Synthetic Data: Opportunities and Risks for Financial, Insurance, and Supervisory Innovation
Synthetic data is becoming increasingly important for financial and insurance innovators, as well as supervisors.
A recent World Economic Forum report prompted me to reflect further on its role in innovation and financial services.
What is Synthetic Data?
The WEF defines synthetic data as artificially generated data that mimics the statistical properties, structure, and distribution of real-world data.
It can:
- Fill data gaps
- Protect privacy
- Enable the testing of new scenarios
Synthetic data offers a scalable and cost-effective alternative when real data is limited, sensitive, or biased.
Applications in Finance and Insurance
For financial and insurance markets, synthetic data has wide-ranging potential:
- Correcting gaps and bias: addressing scarcity or demographic imbalances, improving fairness in lending, healthcare or insurance.
- Financial inclusion: reducing bias in credit/insurance decisioning.
- Crisis modelling: enabling simulation of blackouts, pandemics, or other systemic shocks.
- Safe experimentation: providing cost-effective datasets for training, testing, and developing models without exposing sensitive customer data.
Risks and Challenges
Synthetic data is not without risks. If poorly generated or governed, it can:
- Reinforce existing biases from the original datasets
- Mislead decision-makers with inaccurate results
- Leak sensitive information if improperly anonymized
To mitigate these risks, accuracy, traceability, and clear labelling are essential. Without robust governance, synthetic data could undermine trust and model performance.
Supervisory Use Cases
Synthetic data is also valuable for supervisors.
During my supervisory work, for example, we developed the EU Digital Finance Platform and Data Hub. The hub provides participating firms with access to synthetic supervisory data to test new solutions and train AI/ML models.

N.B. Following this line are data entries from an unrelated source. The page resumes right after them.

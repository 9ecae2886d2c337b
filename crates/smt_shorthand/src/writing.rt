// The commands of a script, where those that are short for others are written out.

ghost use Rattle.smt_lists.specs.Expressions.{expr};
ghost use Rattle.smt_shorthand.specs.Ranged.{IsNarrow, IsRangedExpr};
ghost use Rattle.smt_shorthand.specs.Writing.{is_short, written_out};
ghost use Rattle.std.specs.List.{AllByRecursion, list_any};
ghost use Rattle.std.specs.Prelude.{◌≡◌, ◌+◌, ℕ, false, IfOk, map};

use crate::defining::{defines_sort, sorts_written_out};
use crate::functions::{defines_function, functions_written_out};
use linear_term::Memory;
use smt_lists::Sexp;
use sqlite_items::Items;
use std::alloc::Global;

/// The commands of a script, where definitions of sorts and recursive definitions of functions are written out. A script without
/// them stays as it is.
pub fn written_out(alloc: Global, lists: Items<Sexp>) -> Result<Items<Sexp>, Memory>
    ensures exact { IfOk result (λ out. map expr out ≡ written_out (map expr lists)) }
    ensures same { IfOk result (λ out. list_any is_short (map expr lists) ≡ false → out ≡ lists) }
    ensures ranged { IfOk result (λ out. AllByRecursion IsRangedExpr (map expr lists) → AllByRecursion IsRangedExpr (map expr out)) }
    ensures narrow { IfOk result (λ out. (n : ℕ) → AllByRecursion (IsNarrow n) (map expr lists) → AllByRecursion (IsNarrow (n + 4)) (map expr out)) }
{
    if !some_is_short(lists.as_slice()) {
        return Ok(lists);
    }
    let resolved = sorts_written_out(alloc, lists)?;
    let out = functions_written_out(alloc, resolved)?;
    Ok(out)
}

/// Whether some command is short for others.
fn some_is_short(es: &[Sexp]) -> bool
    ensures { result ≡ list_any is_short (map expr es.now) }
{
    for e in es {
        if is_short(e) {
            return true;
        }
    }
    false
}

/// Whether a command begins as one that is short for others.
fn is_short(e: &Sexp) -> bool
    ensures { result ≡ is_short (expr e.now) }
{
    defines_sort(e) || defines_function(e)
}
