// What is read of an input is heard byte by byte: a piece is answered as soon as its last byte is there.

ghost use Rattle.base_limits.specs.Limits.{most_budget};
ghost use Rattle.job_dialogue.specs.Views.{held_of};
ghost use Rattle.job_dialogue.specs.Talks.{BreaksOff, Hears, HearsFront, IsHeard, TellsPart, TellsPiece};
ghost use Rattle.job_dialogue.specs.declared.stops.Stop.{Stop};
ghost use Rattle.prover_io.specs.Outside.{Rose};
ghost use Rattle.std.specs.Prelude.{ℕ, ◌≡◌, ◌≤◌, ◌∷◌, [], IfErr, IfOk, IsErrOf, false};

use crate::dialogue::{Dialogue, Reply};
use crate::pieces::{Scan, ends_piece, first_scan, scan_on};
use crate::stops::Stop;
use base_answers::put_all;
use base_watch::Watch;
use prover_io::Sink;
use std::alloc::Global;

/// A dialogue in the middle of an input: what is held, and what is read of the next piece.
#[derive(Drop)]
pub struct Talk {
    pub(crate) dialogue: Dialogue,
    pub(crate) rest: Vec<u8>,
    pub(crate) scan: Scan,
}

/// A dialogue before its input.
pub(crate) fn first_talk(alloc: Global) -> Talk
    ensures heard { (budget : ℕ) → IsHeard budget [] result [] }
    ensures goes_on { result.dialogue.ended ≡ false }
{
    Talk {
        dialogue: Dialogue::new(alloc),
        rest: Vec::new(alloc),
        scan: first_scan(),
    }
}

/// Hears these bytes of the input, or those up to an `exit`.

pub(crate) fn hear<K: Sink, X: Watch>(
    alloc: Global,
    talk: Talk,
    bytes: &[u8],
    sink: &mut K,
    budget: u64,
    watch: &mut X,
) -> Result<Talk, Stop>
    requires budget { budget ≤ most_budget }
    requires goes_on { talk.dialogue.ended ≡ false }
    ensures breaks { IfErr result (λ e. BreaksOff budget talk bytes.now e (K.taken sink.old) (K.taken sink.new)) }
    ensures heard { IfOk result (λ new. HearsFront budget talk new bytes.now (K.taken sink.old) (K.taken sink.new)) }
    ensures sink_failed { IsErrOf result Stop.Sink → Rose (K.faults sink.old) (K.faults sink.new) }
    ensures later { K.faults sink.old ≤ K.faults sink.new }
    ensures source { ¬ (IsErrOf result Stop.Source) }
{
    let mut talk = talk;
    let mut rest = bytes;
    while let Some((byte, behind)) = rest.split_first() {
        match hear_byte(alloc, talk, *byte, sink, budget, watch) {
            Ok(next) => talk = next,
            Err(stop) => return Err(stop),
        }
        rest = behind;
        if talk.dialogue.ended {
            return Ok(talk);
        }
    }
    Ok(talk)
}

/// Hears a byte of the input.
fn hear_byte<K: Sink, X: Watch>(
    alloc: Global,
    talk: Talk,
    byte: u8,
    sink: &mut K,
    budget: u64,
    watch: &mut X,
) -> Result<Talk, Stop>
    requires budget { budget ≤ most_budget }
    requires goes_on { talk.dialogue.ended ≡ false }
    ensures breaks { IfErr result (λ e. BreaksOff budget talk (byte ∷ []) e (K.taken sink.old) (K.taken sink.new)) }
    ensures heard { IfOk result (λ new. Hears budget talk new (byte ∷ []) (K.taken sink.old) (K.taken sink.new)) }
    ensures sink_failed { IsErrOf result Stop.Sink → Rose (K.faults sink.old) (K.faults sink.new) }
    ensures later { K.faults sink.old ≤ K.faults sink.new }
    ensures source { ¬ (IsErrOf result Stop.Source) }
{
    let Talk {
        dialogue,
        mut rest,
        scan,
    } = talk;
    let Ok(next) = scan_on(scan, byte) else {
        return Err(Stop::Memory);
    };
    let Ok(()) = rest.push(byte) else {
        return Err(Stop::Memory);
    };
    if !ends_piece(scan, byte) {
        return Ok(Talk {
            dialogue,
            rest,
            scan: next,
        });
    }
    match tell(alloc, dialogue, rest.as_slice(), sink, budget, watch) {
        Ok(dialogue) => Ok(Talk {
            dialogue,
            rest: Vec::new(alloc),
            scan: next,
        }),
        Err(stop) => Err(stop),
    }
}

/// Answers a piece, and puts the answer.
pub(crate) fn tell<K: Sink, X: Watch>(
    alloc: Global,
    dialogue: Dialogue,
    piece: &[u8],
    sink: &mut K,
    budget: u64,
    watch: &mut X,
) -> Result<Dialogue, Stop>
    requires { budget ≤ most_budget }
    ensures part { IsErrOf result Stop.Sink → TellsPart budget (held_of dialogue) piece.now (K.taken sink.old) (K.taken sink.new) }
    ensures silent { IsErrOf result Stop.Memory → K.taken sink.new ≡ K.taken sink.old }
    ensures told { IfOk result (λ next. TellsPiece budget (held_of dialogue) piece.now (held_of next) (K.taken sink.old) (K.taken sink.new)) }
    ensures sink_failed { IsErrOf result Stop.Sink → Rose (K.faults sink.old) (K.faults sink.new) }
    ensures later { K.faults sink.old ≤ K.faults sink.new }
    ensures source { ¬ (IsErrOf result Stop.Source) }
{
    let Reply { dialogue, text } = dialogue.answer(alloc, piece, budget, watch)?;
    let Ok(()) = put_all(sink, text.as_slice()) else {
        return Err(Stop::Sink);
    };
    Ok(dialogue)
}
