// What sorts come to, where some are defined by others (SMT-LIB 2.6, section 4.2.3).

ghost use Rattle.base_texts.specs.Texts.{is_text};
ghost use Rattle.smt_commands.specs.Commands.{symbol_of};
ghost use Rattle.smt_lists.specs.Expressions.{expr, exprs_of};
ghost use Rattle.smt_shorthand.specs.Sorts.{alone, applied, chosen, has_other, sense_applied, sense_by, sense_named, sense_of, senses_of, sort_named};
ghost use Rattle.std.specs.Option.{option_copied};
ghost use Rattle.std.specs.Prelude.{◌≡◌, IfOk};

use base_texts::Texts;
use linear_term::Memory;
use smt_commands::symbol;
use smt_lists::Sexp;
use sqlite_items::Items;
use std::alloc::Global;

/// What a sort comes to.
#[derive(Clone, Copy, Debug, PartialEq, Eq)]
pub enum Sense {
    Int,
    Bool,
    /// The parameter at this place.
    Parameter(usize),
    /// Something else.
    Other,
}

/// A defined sort: its name, the number of its parameters, what it comes to, and the level at which it was defined.
#[derive(Drop)]
pub struct DefinedSort {
    pub text: Items<u8>,
    pub arity: usize,
    pub sense: Sense,
    pub level: u128,
}

/// What a sort comes to, under these names of parameters.
#[cycle(sensing)]
pub fn read_sense(
    alloc: Global,
    sorts: &[DefinedSort],
    parameters: &Texts,
    e: &Sexp,
) -> Result<Sense, Memory>
    ensures { IfOk result (λ s. s ≡ sense_of sorts.now parameters.now (expr e.now)) }
{
    match e {
        Sexp::Atom(_) => Ok(sense_headed(sorts, parameters, e, &[])),
        Sexp::List(_, members) => {
            let Some((head, rest)) = members.as_slice().split_first() else {
                return Ok(Sense::Other);
            };
            let arguments = read_senses(alloc, sorts, parameters, rest)?;
            Ok(sense_applied(sorts, parameters, head, arguments.as_slice()))
        }
    }
}

/// What sorts come to.
#[cycle(sensing)]
fn read_senses(
    alloc: Global,
    sorts: &[DefinedSort],
    parameters: &Texts,
    es: &[Sexp],
) -> Result<Items<Sense>, Memory>
    ensures { IfOk result (λ ss. ss ≡ senses_of sorts.now parameters.now (exprs_of es.now)) }
{
    let mut all = Items::new(alloc);
    for e in es {
        all.push(read_sense(alloc, sorts, parameters, e)?)?;
    }
    Ok(all)
}

/// What a symbol comes to, applied to what comes to these, at least one.
fn sense_applied(
    sorts: &[DefinedSort],
    parameters: &Texts,
    head: &Sexp,
    arguments: &[Sense],
) -> Sense
    ensures { result ≡ sense_applied sorts.now parameters.now (symbol_of (expr head.now)) arguments.now }
{
    if arguments.is_empty() {
        return Sense::Other;
    }
    sense_headed(sorts, parameters, head, arguments)
}

/// What a symbol comes to, applied to what comes to these.
fn sense_headed(
    sorts: &[DefinedSort],
    parameters: &Texts,
    head: &Sexp,
    arguments: &[Sense],
) -> Sense
    ensures { result ≡ sense_by sorts.now parameters.now (symbol_of (expr head.now)) arguments.now }
{
    match symbol(head) {
        Some(name) => sense_named(sorts, parameters, name.text, arguments),
        None => Sense::Other,
    }
}

/// What a name comes to, applied to what comes to these.
fn sense_named(sorts: &[DefinedSort], parameters: &Texts, text: &[u8], arguments: &[Sense]) -> Sense
    ensures { result ≡ sense_named sorts.now parameters.now text.now arguments.now }
{
    if let Some(place) = parameters.place(text) {
        return alone(Sense::Parameter(place), arguments);
    }
    if text == b"Int".as_slice() {
        return alone(Sense::Int, arguments);
    }
    if text == b"Bool".as_slice() {
        return alone(Sense::Bool, arguments);
    }
    match find_sort(sorts, text) {
        Some(sort) => applied(sort, arguments),
        None => Sense::Other,
    }
}

/// What a sort without parameters comes to, at these arguments.
fn alone(sense: Sense, arguments: &[Sense]) -> Sense
    ensures { result ≡ alone sense arguments.now }
{
    if arguments.is_empty() {
        sense
    } else {
        Sense::Other
    }
}

/// What a defined sort comes to, at these arguments.
fn applied(sort: &DefinedSort, arguments: &[Sense]) -> Sense
    ensures { result ≡ applied sort.now arguments.now }
{
    if arguments.len() != sort.arity || has_other(arguments) {
        return Sense::Other;
    }
    match sort.sense {
        Sense::Parameter(place) => match arguments.get(place) {
            Some(sense) => *sense,
            None => Sense::Other,
        },
        Sense::Int | Sense::Bool | Sense::Other => sort.sense,
    }
}

/// Whether some come to something else.
fn has_other(arguments: &[Sense]) -> bool
    ensures { result ≡ has_other arguments.now }
{
    for argument in arguments {
        if *argument == Sense::Other {
            return true;
        }
    }
    false
}

/// The defined sort of this name.
pub fn find_sort<'a>(sorts: &'a [DefinedSort], text: &[u8]) -> Option<&'a DefinedSort>
    ensures { option_copied result ≡ sort_named text.now sorts.now }
{
    for sort in sorts {
        if text == sort.text.as_slice() {
            return Some(sort);
        }
    }
    None
}
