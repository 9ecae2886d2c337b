// Miniscoping: quantifiers moved inwards, so that each binds the members alone that have its name (Nonnengart and
// Weidenbach, Computing small clause normal forms, 2001). What that is, the law that it keeps the truth, and the code.
#![tactic(auto)]

mod below;
mod finding;
mod freeing;
mod laws;
mod moving;

pub use below::scoped_below;
pub use laws::miniscope_law;
pub use moving::miniscoped;
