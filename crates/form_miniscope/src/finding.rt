// Whether a name occurs in a formula.

ghost use Rattle.formula.specs.Tree.{form, forms_of};
ghost use Rattle.form_miniscope.specs.Lowering as lowering;
ghost use Rattle.std.specs.Prelude.{◌≡◌};

use formula::Core;
use linear_term::Term;

/// Whether the term has the name n.
fn has(n: u32, t: &Term) -> bool
    ensures { result ≡ lowering.has n t.now }
{
    t.pairs().iter().any(|pair| pair.0 == n)
}

/// Whether some term has it.
fn some_has(n: u32, ts: &[Term]) -> bool
    ensures { result ≡ lowering.some_has n ts.now }
{
    ts.iter().any(|t| has(n, t))
}

/// Whether the formula has the name n. Takes no memory.
#[cycle(occurrence)]
#[tactic(auto, using(formula::proofs::Building::formed))]
pub(crate) fn occurs(n: u32, f: &Core) -> bool
    ensures { result ≡ lowering.occurs n (form f.now) }
{
    match f {
        Core::Eq(t) => has(n, t),
        Core::Neq(t) => has(n, t),
        Core::Geq(t) => has(n, t),
        Core::Pred(_, ts) => some_has(n, ts.as_slice()),
        Core::NotPred(_, ts) => some_has(n, ts.as_slice()),
        Core::NotFun(_, ts, u) => has(n, u) || some_has(n, ts.as_slice()),
        Core::And(fs) => occurs_in(n, fs.as_slice()),
        Core::Or(fs) => occurs_in(n, fs.as_slice()),
        Core::Forall(g) => occurs(n, g.get()),
        Core::Exists(g) => occurs(n, g.get()),
    }
}

/// Whether some formula has it.
#[cycle(occurrence)]
pub(crate) fn occurs_in(n: u32, formulas: &[Core]) -> bool
    ensures { result ≡ lowering.occurs_in n (forms_of formulas.now) }
{
    for f in formulas {
        if occurs(n, f) {
            return true;
        }
    }
    false
}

Similarly, the UK Financial Conduct Authority recently published a report on governance considerations for synthetic data. It provides practical insights for supervisors and innovators alike.
Data Protection Considerations
Data protection remains crucial. The European Data Protection Supervisor (EDPS) has recently highlighted both the positive and negative implications of synthetic data. Ensuring privacy while maintaining utility is a delicate balance.
Conclusion
Synthetic data offers significant opportunities for innovation in financial and insurance services supporting inclusion, enabling safe experimentation, and improving resilience.
At the same time, it raises pressing questions around governance, fairness, and data protection.
For innovators and supervisors alike, careful design, transparent labelling, and robust oversight are essential to ensure synthetic data becomes a trusted enabler rather than a new source of risk.